THE EUROPEAN Central Bank intervened in the markets for the first time in a week yesterday to prevent Portugal’s borrowing costs spiralling to “danger levels” that could trigger a new phase in the euro-zone debt crisis.
Portugal’s borrowing costs and the premium the country must pay over Germany, Europe’s strongest economy, hit fresh euro-era highs as worries over Lisbon’s ability to repay its debts mounted further.
Don Smith, economist at Icap, warned: “We are now at a very precarious point in the euro-zone crisis, with Portuguese yields close to danger levels that could force the country to seek bailout loans.”
Many bankers say Lisbon can only be saved from a bailout by the intervention of the ECB, which traders said bought Portuguese bonds as 10-year yields hit 7.58 per cent and spreads over Germany rose to 4.38 percentage points.
Bankers say the ECB is unlikely to allow Portuguese spreads over Germany to rise above 4.5 percentage points – the level at which clearing houses are expected to raise margin payments on banks that want to use Portuguese bonds as collateral for loans.
Lisbon has insisted it has no need of a financial rescue, denying reports the country was under pressure from other euro-zone governments to turn to the EU’s bailout fund for assistance.
“Portugal has no need of outside help,” a spokesperson for prime minister José Sócrates said yesterday.
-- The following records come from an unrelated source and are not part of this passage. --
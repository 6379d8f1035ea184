ghost use Rattle.std.specs.Prelude.{◌≡◌};
ghost use Rattle.spec_keys.specs.Fields.{width_of};
ghost use Rattle.spec_actions.specs.Named.{named};
ghost use Rattle.spec_flow_text.specs.Printed as printed;

use ovs_fields::FieldId;
use spec_actions::NamedField;

/// The name of a field of the key by itself: it stands for all bits of the field.
pub fn own_name(field: FieldId) -> NamedField
    ensures name { result ≡ printed.own_name field }
    ensures wide { (named result).bits ≡ width_of field }
{
    match field {
        FieldId::InPort => NamedField::InPort,
        FieldId::Metadata => NamedField::Metadata,
        FieldId::Reg0 => NamedField::Reg0,
        FieldId::Reg1 => NamedField::Reg1,
        FieldId::Reg2 => NamedField::Reg2,
        FieldId::Reg3 => NamedField::Reg3,
        FieldId::Reg4 => NamedField::Reg4,
        FieldId::Reg5 => NamedField::Reg5,
        FieldId::Reg6 => NamedField::Reg6,
        FieldId::Reg7 => NamedField::Reg7,
        FieldId::Reg8 => NamedField::Reg8,
        FieldId::Reg9 => NamedField::Reg9,
        FieldId::Reg10 => NamedField::Reg10,
        FieldId::Reg11 => NamedField::Reg11,
        FieldId::Reg12 => NamedField::Reg12,
        FieldId::Reg13 => NamedField::Reg13,
        FieldId::Reg14 => NamedField::Reg14,
        FieldId::Reg15 => NamedField::Reg15,
        FieldId::DlSrc => NamedField::DlSrc,
        FieldId::DlDst => NamedField::DlDst,
        FieldId::DlType => NamedField::DlType,
        FieldId::VlanTci => NamedField::VlanTci,
        FieldId::NwSrc => NamedField::NwSrc,
        FieldId::NwDst => NamedField::NwDst,
        FieldId::Ipv6Src => NamedField::Ipv6Src,
        FieldId::Ipv6Dst => NamedField::Ipv6Dst,
        FieldId::NwProto => NamedField::NwProto,
        FieldId::NwTos => NamedField::NwTos,
        FieldId::NwTtl => NamedField::NwTtl,
        FieldId::IpFrag => NamedField::IpFrag,
        FieldId::ArpSha => NamedField::ArpSha,
        FieldId::ArpTha => NamedField::ArpTha,
        FieldId::TpSrc => NamedField::TpSrc,
        FieldId::TpDst => NamedField::TpDst,
        FieldId::VlanTpid => NamedField::VlanTpid,
        FieldId::VlanTci2 => NamedField::VlanTci2,
        FieldId::VlanTpid2 => NamedField::VlanTpid2,
    }
}
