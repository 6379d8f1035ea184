ghost use Rattle.std.specs.Prelude.{◌≡◌, ◌+◌, ◌≤◌, length};

/// A stretch of a line.
#[derive(Clone, Copy)]
pub struct Word<'a> {
    /// Where it begins, counted from 0.
    pub at: usize,
    pub text: &'a [u8],
    // Every column is a number of 32 bits.
    pub ghost in_line: { at + length text.now ≤ 4_294_967_294 },
}

impl<'a> Word<'a> {
    ghost use Rattle.spec_flow_text.specs.Items.{column};
    ghost use Rattle.spec_flow_text.specs.Actions.{skipping, before_place};
    ghost use Rattle.field_text.specs.WordViews.{word_view};

    /// Where it begins, counted from 1.
    pub fn column(self) -> u32
        ensures { result ≡ column (word_view self.entry) }
    {
        (self.at + 1) as u32
    }

    /// The word without so many bytes at its start.
    pub fn skipping(self, count: usize) -> Word<'a>
        requires { count ≤ length self.text.now }
        ensures { word_view result ≡ skipping count (word_view self.entry) }
    {
        let (_, text) = self.text.split_at(count);
        Word {
            at: self.at + count,
            text,
        }
    }

    /// So many bytes from its start.
    pub fn first(self, count: usize) -> Word<'a>
        requires { count ≤ length self.text.now }
        ensures { word_view result ≡ before_place count (word_view self.entry) }
    {
        let (text, _) = self.text.split_at(count);
        Word { at: self.at, text }
    }
}
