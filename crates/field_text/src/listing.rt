ghost use Rattle.std.specs.Prelude.{ℕ, Bool, List, ◌∷◌, IsTrue};
ghost use Rattle.std.specs.List.{list_all};
ghost use Rattle.spec_flow_text.specs.Characters.{comma};
ghost use Rattle.spec_flow_text.specs.Printed.{list_printed};
ghost use Rattle.text_numbers.specs.Added.{Adds};
ghost use Rattle.field_text.specs.CommaLists.{after_commas};

use std::alloc::AllocError;

/// A way to print the items of a list.
pub trait ItemPrinter {
    /// What the items are.
    type Item;

    /// The text of an item.
    ghost text: { Self.Item → List ℕ };

    /// Whether it can be printed.
    ghost is_printable: { Self.Item → Bool };

    /// Adds the text of an item. The only error is out of memory.
    fn print_item(item: &Self::Item, out: &mut String) -> Result<(), AllocError>
        requires { IsTrue (is_printable item.now) }
        ensures { Adds out.old out.new (text item.now) result };
}

fn print_after_comma<P: ItemPrinter>(item: &P::Item, out: &mut String) -> Result<(), AllocError>
    requires { IsTrue (P.is_printable item.now) }
    ensures { Adds out.old out.new (comma ∷ P.text item.now) result }
{
    out.push(',')?;
    P::print_item(item, out)
}

// Items that stand after another one.
fn print_others<P: ItemPrinter>(others: &[P::Item], out: &mut String) -> Result<(), AllocError>
    requires { IsTrue (list_all P.is_printable others.now) }
    ensures { Adds out.old out.new (after_commas P.text others.now) result }
{
    'others: for item in others {
        print_after_comma::<P>(item, out)?;
    }
    Ok(())
}

/// Adds the items with commas between them, or `drop` where there is none. The only error is out of memory.
pub fn print_list<P: ItemPrinter>(list: &[P::Item], out: &mut String) -> Result<(), AllocError>
    requires { IsTrue (list_all P.is_printable list.now) }
    ensures { Adds out.old out.new (list_printed P.text list.now) result }
{
    match list {
        [] => out.push_str("drop"),
        [first, others @ ..] => {
            P::print_item(first, out)?;
            print_others::<P>(others, out)
        }
    }
}
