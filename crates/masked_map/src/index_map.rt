//! What is done with maps from keys of either kind.

ghost use Rattle.std.specs.Prelude.{◌≡◌, ◌<◌, None, Some};
ghost use Rattle.std.specs.Option.{option_copied};
ghost use Rattle.indexmap.specs.IndexMap.{get, index_map_len, spare, Updates};

use indexmap::IndexMap;
use std::hash::Hash;

/// The value of a key. Where it is the only one nothing is hashed.
pub(crate) fn value_of<'a, K: Eq + Hash, V>(map: &'a IndexMap<K, V>, key: &K) -> Option<&'a V>
    ensures { option_copied result ≡ get K.eq map.now key.now }
{
    if map.len() == 1 {
        return only_value(map, key);
    }
    map.get(key)
}

/// The value of a key in a map of one.
fn only_value<'a, K: Eq + Hash, V>(map: &'a IndexMap<K, V>, key: &K) -> Option<&'a V>
    requires { index_map_len map.now ≡ 1 }
    ensures { option_copied result ≡ get K.eq map.now key.now }
{
    match map.get_index(0) {
        Some((only, value)) => { if *key == *only { Some(value) } else { None } }
        None => unreachable!(),
    }
}

/// Gives a key a value. The key is there, or there is room for it.
pub(crate) fn put<K: Eq + Hash + Drop, V: Drop>(
    map: &mut IndexMap<K, V>,
    key: K,
    value: V,
) -> Option<V>
    requires { get K.eq map.old key ≡ None → 0 < spare map.old }
    ensures old { result ≡ get K.eq map.old key }
    ensures updates { Updates K.eq map.old map.new key (Some value) }
{
    let Ok(old) = map.insert(key, value) else {
        unreachable!()
    };
    old
}
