ghost use Rattle.std.specs.Prelude.{◌≡◌};
ghost use Rattle.spec_keys.specs.Keys.{joined};
ghost use Rattle.ovs_fields.specs.Packed.{bits};
ghost use Rattle.masked_map.specs.Compact.{list_of};

use crate::compact_mask::CompactMask;
use ovs_fields::{Mask, or};

/// The bits of several masks. Those of compact masks stand apart, in 40 bytes, until all bits are asked for.
///
/// Contracts see all of its bits as `union_of u`.
#[derive(Clone, Copy)]
pub struct MaskUnion {
    pub(crate) compact: CompactMask,
    /// The bits that were added otherwise.
    pub rest: Mask,
}

impl MaskUnion {
    ghost use Rattle.masked_map.specs.Unions.{union_of};

    /// The bits of one mask.
    pub fn of(mask: &Mask) -> MaskUnion
        ensures { union_of result ≡ bits mask.now }
    {
        MaskUnion {
            compact: CompactMask::none(),
            rest: *mask,
        }
    }

    /// All of the bits.
    pub fn mask(&self) -> Mask
        ensures { bits result ≡ union_of self.now }
    {
        let mut mask = self.rest;
        self.compact.add_to(&mut mask);
        mask
    }

    /// Adds the bits of a compact mask.
    #[inline]
    pub(crate) fn add_compact(&mut self, mask: &CompactMask)
        ensures { union_of self.new ≡ joined (union_of self.old) (list_of mask.now.fields) }
    {
        self.compact = self.compact.or(mask);
    }

    /// Adds the bits of any mask.
    pub(crate) fn add_whole(&mut self, mask: &Mask)
        ensures { union_of self.new ≡ joined (union_of self.old) (bits mask.now) }
    {
        self.rest = or(&self.rest, mask);
    }
}
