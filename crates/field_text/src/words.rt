ghost use Rattle.std.specs.Prelude.{◌≡◌, nat_eq, bytes_eq, map, find};
ghost use Rattle.std.specs.List.{list_any, starts_with};
ghost use Rattle.std.specs.Option.{option_map};
ghost use Rattle.spec_flow_text.specs.Names as names;

/// Whether a text is one of these words.
pub fn is_one_of(words: &[&str], text: &[u8]) -> bool
    ensures { result ≡ list_any (λ word. bytes_eq word.now text.now) words.now }
{
    words.iter().any(|word| word.as_bytes() == text)
}

/// Whether a text begins with one of these.
pub fn begins_with_one_of(starts: &[&str], text: &[u8]) -> bool
    ensures { result ≡ list_any (λ start. starts_with nat_eq text.now start.now) starts.now }
{
    starts
        .iter()
        .any(|start| text.starts_with(start.as_bytes()))
}

fn found<T: Copy>(table: &[(&str, T)], text: &[u8]) -> Option<T>
    ensures { result
        ≡ option_map (λ row. row.1) (find (λ row. bytes_eq row.0.now text.now) table.now) }
{
    table
        .iter()
        .find(|row| row.0.as_bytes() == text)
        .map(|row| row.1)
}

/// What a table says of a word.
pub fn meaning_of<T: Copy>(table: &[(&str, T)], text: &[u8]) -> Option<T>
    ensures { result ≡ names.meaning_of (map (λ row. (row.0.now, row.1)) table.now) text.now }
{
    found(table, text)
}
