//! The settle of a frame on a board that was lent.
ghost use Rattle.std.specs.Prelude.{◌≡◌, IfOk, OnErr};
ghost use Rattle.ovs_fields.specs.Packed.{numbers};
ghost use Rattle.upcall_handler.specs.Settles.{Settles, Tells};

use crate::upshot::Settling;
use pmd_board::{Board, SettleFault, Xlated};
use run_case::{Case, Keyed};
use std::alloc::AllocError;

/// Settles a frame on a board that was lent, by a translation of its key. It answers what the board did.
///
/// The only error is out of memory, and then the board is as it was.
pub fn settle_lent<C: Case>(
    board: &mut Board<C>,
    at: &Keyed<C>,
    made: Xlated<C>,
) -> Result<Settling, AllocError>
    requires { made.key ≡ numbers at.now.key }
    ensures settles { IfOk result
        (λ r. Settles C.run board.old at.now.port at.now.place made.version r board.new) }
    ensures tells { IfOk result (λ r. Tells C.run made.version r) }
    ensures unchanged { OnErr result (board.new ≡ board.old) }
{
    if board.port() != at.port {
        return Ok(Settling::Gone);
    }
    match board.settle(at, made) {
        Ok(()) => Ok(Settling::Done),
        Err(SettleFault::NotPending) => Ok(Settling::Gone),
        Err(SettleFault::Stale { floor }) => Ok(Settling::Stale { floor }),
        Err(SettleFault::Ahead { hi }) => Ok(Settling::Ahead { hi }),
        Err(SettleFault::OutOfMemory) => Err(AllocError),
    }
}
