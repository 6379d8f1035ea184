ghost use Rattle.std.specs.Prelude.{◌≡◌, ◌<◌, ◌≤◌, ◌^◌, ◌++◌, ◌↔◌, [], List, ℕ, None, Some, IsTrue, OnOk, if◌then◌else◌, length};
ghost use Rattle.std.specs.Map.{lookup};
ghost use Rattle.std.specs.Option.{option_copied};
ghost use Rattle.spec_keys.specs.Keys.{masked, same, common_bits, joined};
ghost use Rattle.ovs_fields.specs.Packed.{numbers, bits};
ghost use Rattle.masked_map.specs.Compact.{list_of};
ghost use Rattle.masked_map.specs.Maps.{agreeing, listed, wanted_values};
ghost use Rattle.masked_map.specs.Unions.{union_of};

use crate::compact_map::CompactMap;
use crate::fields::CompactFields;
use crate::index_map::{put, value_of};
use crate::map_mask::MapMask;
use crate::mask_union::MaskUnion;
use crate::packet_key::PacketKey;
use indexmap::IndexMap;
use ovs_fields::{Key, Mask, agree, and, masked};
use std::alloc::{AllocError, Global};

/// The mask and the entries, by keys of one kind.
#[derive(Drop)]
pub(crate) enum Entries<V> {
    /// The mask has no bits of wide fields, so each key under it is 0 there.
    Compact { mask: MapMask, map: CompactMap<V> },
    /// Any mask.
    Whole { mask: Mask, map: IndexMap<Key, V> },
}

/// A map from keys under one mask to values.
///
/// Contracts see the bits of the mask as `mask_of m`, and the value of a key under it, a list with a number for each field, as
/// `value_at m key`.
#[derive(Drop)]
pub struct MaskedMap<V> {
    pub(crate) entries: Entries<V>,
}

impl<V: Drop> MaskedMap<V> {
    ghost use Rattle.masked_map.specs.Maps.{mask_of, entries_of, room_of, value_at, HasDistinctKeys, HasRoomAt};

    /// A map without entries. It takes no memory.
    pub fn new(alloc: Global, mask: &Mask) -> MaskedMap<V>
        ensures mask { mask_of result ≡ bits mask.now }
        ensures empty { entries_of result ≡ [] }
    {
        let entries = match MapMask::of(mask) {
            Some(mask) => Entries::Compact {
                mask,
                map: CompactMap::new(alloc),
            },
            None => Entries::Whole {
                mask: *mask,
                map: IndexMap::new(alloc),
            },
        };
        MaskedMap { entries }
    }

    /// Adds the bits of the mask to those of others.
    #[inline]
    pub fn add_mask_to(&self, union: &mut MaskUnion)
        ensures { union_of union.new ≡ joined (union_of union.old) (mask_of self.now) }
    {
        match &self.entries {
            Entries::Compact { mask, .. } => union.add_compact(&mask.bits),
            Entries::Whole { mask, .. } => union.add_whole(mask),
        }
    }

    /// How many keys it has.
    pub fn len(&self) -> usize
        ensures len { result ≡ length (entries_of self.now) }
        ensures small { result < 2 ^ 63 }
        ensures distinct { HasDistinctKeys self.now }
    {
        match &self.entries {
            Entries::Compact { map, .. } => map.by_key.len(),
            Entries::Whole { map, .. } => map.len(),
        }
    }

    /// Whether it has no keys.
    pub fn is_empty(&self) -> bool
        ensures { IsTrue result ↔ (entries_of self.now ≡ []) }
    {
        self.len() == 0
    }

    /// Makes room for one more key. The only error is out of memory.
    pub fn reserve(&mut self) -> Result<(), AllocError>
        ensures mask { mask_of self.new ≡ mask_of self.old }
        ensures entries { entries_of self.new ≡ entries_of self.old }
        ensures keeps { room_of self.old ≤ room_of self.new }
        ensures room { OnOk result (0 < room_of self.new) }
    {
        match &mut self.entries {
            Entries::Compact { map, .. } => map.reserve(),
            Entries::Whole { map, .. } => map.reserve(1),
        }
    }

    /// The value of a key under the mask.
    #[inline]
    pub fn get(&self, key: &PacketKey<'_>) -> Option<&V>
        ensures { option_copied result
            ≡ value_at self.now (masked (numbers key.now.key.now) (mask_of self.now)) }
    {
        match &self.entries {
            Entries::Compact { mask, map } => map.get(key, mask),
            Entries::Whole { mask, map } => get_whole(map, mask, key.key),
        }
    }

    /// The value of a key, if the mask has all of its bits.
    pub fn get_exact(&self, key: &Key) -> Option<&V>
        ensures { option_copied result ≡ value_at self.now (numbers key.now) }
    {
        match &self.entries {
            Entries::Compact { map, .. } => match CompactFields::of_key(key) {
                Some(fields) => value_of(&map.by_key, &fields),
                None => None,
            },
            Entries::Whole { map, .. } => value_of(map, key),
        }
    }

    /// Gives a key under the mask a value. It takes no memory: the key is there, or there is room for it.
    pub fn insert(&mut self, key: &Key, value: V) -> Option<V>
        requires { HasRoomAt self.old (masked (numbers key.now) (mask_of self.old)) }
        ensures mask { mask_of self.new ≡ mask_of self.old }
        ensures old { result ≡ value_at self.old (masked (numbers key.now) (mask_of self.old)) }
        ensures values { (q : List ℕ)
            → value_at self.new q
            ≡ (if same q (masked (numbers key.now) (mask_of self.old)) then Some value
            else value_at self.old q) }
    {
        match &mut self.entries {
            Entries::Compact { mask, map } => map.insert(mask.bits.fields.masked(key), value),
            Entries::Whole { mask, map } => put(map, masked(key, mask), value),
        }
    }

    /// Takes the value of a key under the mask out. It takes no memory.
    pub fn swap_remove(&mut self, key: &Key) -> Option<V>
        ensures mask { mask_of self.new ≡ mask_of self.old }
        ensures old { result ≡ value_at self.old (masked (numbers key.now) (mask_of self.old)) }
        ensures values { (q : List ℕ)
            → value_at self.new q
            ≡ (if same q (masked (numbers key.now) (mask_of self.old)) then None
            else value_at self.old q) }
        ensures room { room_of self.old ≤ room_of self.new }
    {
        match &mut self.entries {
            Entries::Compact { mask, map } => map.swap_remove(&mask.bits.fields.masked(key)),
            Entries::Whole { mask, map } => map.swap_remove(&masked(key, mask)),
        }
    }

    /// Adds the values at keys that agree with a key on the bits of a mask that the map's has too, in the order of the
    /// entries. The only error is out of memory.
    pub fn add_agreeing(&self, found: &mut Vec<V>, key: &Key, mask: &Mask) -> Result<(), AllocError>
    where
        V: Copy,
        ensures found { OnOk result
            (found.new.items
            ≡ found.old.items ++ agreeing (numbers key.now)
            (common_bits (bits mask.now) (mask_of self.now)) (entries_of self.now)) }
        ensures distinct { HasDistinctKeys self.now }
    {
        let _ = self.len();
        match &self.entries {
            Entries::Compact { mask: own, map } => {
                let common = own.bits.fields.common(mask);
                add_with_bits(found, &map.by_key, &common.masked(key), &common)
            }
            Entries::Whole { mask: own, map } => add_whole(found, map, key, &and(mask, own)),
        }
    }
}

/// The value of a key under a mask. It is a call of its own, so that look-ups of compact keys save no registers for it.
#[inline(never)]
fn get_whole<'a, V>(map: &'a IndexMap<Key, V>, mask: &Mask, key: &Key) -> Option<&'a V>
    ensures { option_copied result
        ≡ lookup (same (masked (numbers key.now) (bits mask.now))) (listed numbers map.now.entries) }
{
    value_of(map, &masked(key, mask))
}

/// Adds the values at fields that have the wanted bits of these of a mask.
fn add_with_bits<V: Copy>(
    found: &mut Vec<V>,
    map: &IndexMap<CompactFields, V>,
    wanted: &CompactFields,
    mask: &CompactFields,
) -> Result<(), AllocError>
    ensures { OnOk result
        (found.new.items
        ≡ found.old.items ++ wanted_values (list_of wanted.now) (list_of mask.now) (listed list_of map.now.entries)) }
{
    'entries: for (fields, value) in map.iter() {
        if fields.has_bits(wanted, mask) {
            found.push(*value)?;
        }
    }
    Ok(())
}

/// Adds the values at keys that agree with a key on a mask.
fn add_whole<V: Copy>(
    found: &mut Vec<V>,
    map: &IndexMap<Key, V>,
    key: &Key,
    mask: &Mask,
) -> Result<(), AllocError>
    ensures { OnOk result
        (found.new.items
        ≡ found.old.items ++ agreeing (numbers key.now) (bits mask.now) (listed numbers map.now.entries)) }
{
    'entries: for (own, value) in map.iter() {
        if agree(key, own, mask) {
            found.push(*value)?;
        }
    }
    Ok(())
}
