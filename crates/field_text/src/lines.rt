ghost use Rattle.std.specs.Prelude.{◌≡◌, ◌≤◌, drop, length, position, not, IfOk};
ghost use Rattle.std.specs.Char.{is_ascii};
ghost use Rattle.spec_flow_text.specs.Items.{is_white, is_separator};
ghost use Rattle.spec_flow_text.specs.Matches.{uncommented, ascii_from};
ghost use Rattle.field_text.specs.WordViews.{text_read};

use crate::line::Word;
use spec_flow_text::TextFault;
use text_numbers::cut_at;

/// A space, a tab or a carriage return.
pub fn is_white(byte: u8) -> bool
    ensures { result ≡ is_white byte }
{
    byte == b' ' || byte == b'\t' || byte == b'\r'
}

/// A comma or white space.
pub fn is_separator(byte: u8) -> bool
    ensures { result ≡ is_separator byte }
{
    byte == b',' || is_white(byte)
}

/// A line without its comment.
pub fn uncommented(line: &[u8]) -> &[u8]
    ensures { result.now ≡ uncommented line.now }
{
    match cut_at(line, b'#') {
        None => line,
        Some((text, _)) => text,
    }
}

// What stands from a place on, where that isn't beyond the text.
fn text_after(line: &[u8], at: usize) -> &[u8]
    ensures { result.now ≡ drop at line.now }
{
    if at > line.len() {
        return &[];
    }
    let (_, text) = line.split_at(at);
    text
}

// The place of the first byte that isn't ASCII.
fn place_beyond_ascii(text: &[u8]) -> Option<usize>
    ensures { result ≡ position (λ byte. not (is_ascii byte)) text.now }
{
    // Mostly there is none, and std tests several bytes at once.
    if text.is_ascii() {
        return None;
    }
    text.iter().position(|byte| !byte.is_ascii())
}

/// What stands in a line from a place on, up to the comment. All of it has to be ASCII.
pub fn text_from(line: &[u8], at: usize) -> Result<Word<'_>, TextFault>
    requires within { at ≤ length line.now }
    requires short { length line.now ≤ 4_294_967_294 }
    ensures text { text_read result ≡ ascii_from at (uncommented line.now) }
    ensures place { IfOk result (λ w. w.at ≡ at) }
{
    let text = text_after(uncommented(line), at);
    match place_beyond_ascii(text) {
        None => Ok(Word { at, text }),
        Some(place) => Err(TextFault::Syntax {
            col: (at + place + 1) as u32,
        }),
    }
}
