//! How the handling of upcalls ended.
ghost use Rattle.std.specs.Prelude.{◌≡◌, ◌≤◌, ◌<◌};
ghost use Rattle.upcall_handler.specs.Upshots.{counted, count_of, none_handled};

/// How the handling of one upcall ended.
#[derive(Clone, Copy)]
pub enum Upshot {
    /// The frame is decided.
    Done,
    /// The run has no such frame, or the board was of another port, or the frame wasn't pending.
    Gone,
    /// `TRIES` translations were each older than a sweep that had begun. The last of these sweeps began at this
    /// version.
    Left { floor: u32 },
    /// The translation was newer than this version, the newest that the board's block allows.
    Beyond { hi: u32 },
}

/// What a board answered to the settle of a frame.
#[derive(Clone, Copy)]
pub enum Settling {
    /// The frame is decided.
    Done,
    /// The board is of another port, or the frame isn't pending.
    Gone,
    /// The translation is older than a sweep that began, at this version.
    Stale { floor: u32 },
    /// The translation is newer than this version, the newest that the board's block allows.
    Ahead { hi: u32 },
}

/// What became of upcalls that were handled together: how many ended in which way.
#[derive(Clone, Copy, PartialEq, Eq, Debug)]
pub struct Handled {
    /// The frame is decided by this call.
    pub settled: usize,
    /// The run has no such frame, or the board was of another port, or the frame wasn't pending.
    pub gone: usize,
    /// Each of `TRIES` translations was older than a sweep that had begun.
    pub left: usize,
    /// The version at which the last of these sweeps began; 0 where no frame was left.
    pub floor: u32,
    /// The translation was newer than the board's block allows.
    pub beyond: usize,
    /// The newest version that the block allows; 0 where no translation was newer.
    pub hi: u32,
}

impl Handled {
    /// What became of no upcall.
    pub fn none() -> Handled
        ensures { result ≡ none_handled }
    {
        Handled {
            settled: 0,
            gone: 0,
            left: 0,
            floor: 0,
            beyond: 0,
            hi: 0,
        }
    }

    /// Of how many upcalls it tells.
    pub fn total(&self) -> usize
        requires { count_of self.now ≤ usize.MAX }
        ensures { result ≡ count_of self.now }
    {
        self.settled + self.gone + self.left + self.beyond
    }

    /// Counts one more upcall, which ended so.
    pub(crate) fn count(&mut self, upshot: Upshot)
        requires { count_of self.old < usize.MAX }
        ensures { self.new ≡ counted self.old upshot }
    {
        match upshot {
            Upshot::Done => self.settled += 1,
            Upshot::Gone => self.gone += 1,
            Upshot::Left { floor } => {
                self.left += 1;
                self.floor = floor;
            }
            Upshot::Beyond { hi } => {
                self.beyond += 1;
                self.hi = hi;
            }
        }
    }
}
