ghost use Rattle.std.specs.Prelude.{◌≡◌};
ghost use Rattle.ovs_fields.specs.Packed.{numbers};

use pmd_board::Xlated;
use run_case::{Case, Keyed};

/// A frame with a translation of its key, on its way to the frame's board.
#[derive(Drop)]
pub struct Translated<C: Case> {
    pub at: Keyed<C>,
    pub made: Xlated<C>,
    pub ghost key_is: { made.key ≡ numbers at.key },
}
Any suggestion the government was negotiating a bailout was “totally false”.
The denial came amid reports, quoting unidentified EU officials, of a growing consensus among euro zone finance ministers that Portugal would not be able to sustain its current high borrowing costs beyond March.
Senior figures in Portugal’s minority socialist government have been making increasingly strong calls for a EU-wide response to the debt crisis, criticising “delays and hesitations” in talks on improving financial stability in the euro zone.
For the past two weeks the yield on the 10-year bond has remained above 7 per cent, a level most investors consider unsustainable.
The yield on five-year Portuguese government bonds yesterday rose to a euro-era high of 7.133 per cent.
A senior Portuguese opposition figure joined international economists and analysts in saying Portugal would soon be forced to follow Ireland and Greece in turning to the European financial stability facility, the EU rescue fund, for help.
Luís Marques Mendes, a former leader of the centre-right Social Democrats (PSD), the main opposition party, said: “With bond yields stabilised above 7 per cent and the beginning of an economic recession, a request for external aid is inevitable.”
Recent comments by Carlos Costa, Portugal’s central bank governor, that the country was entering a double-dip recession as a result of tough austerity measures, have added to concerns over Portugal’s debt-laden economy.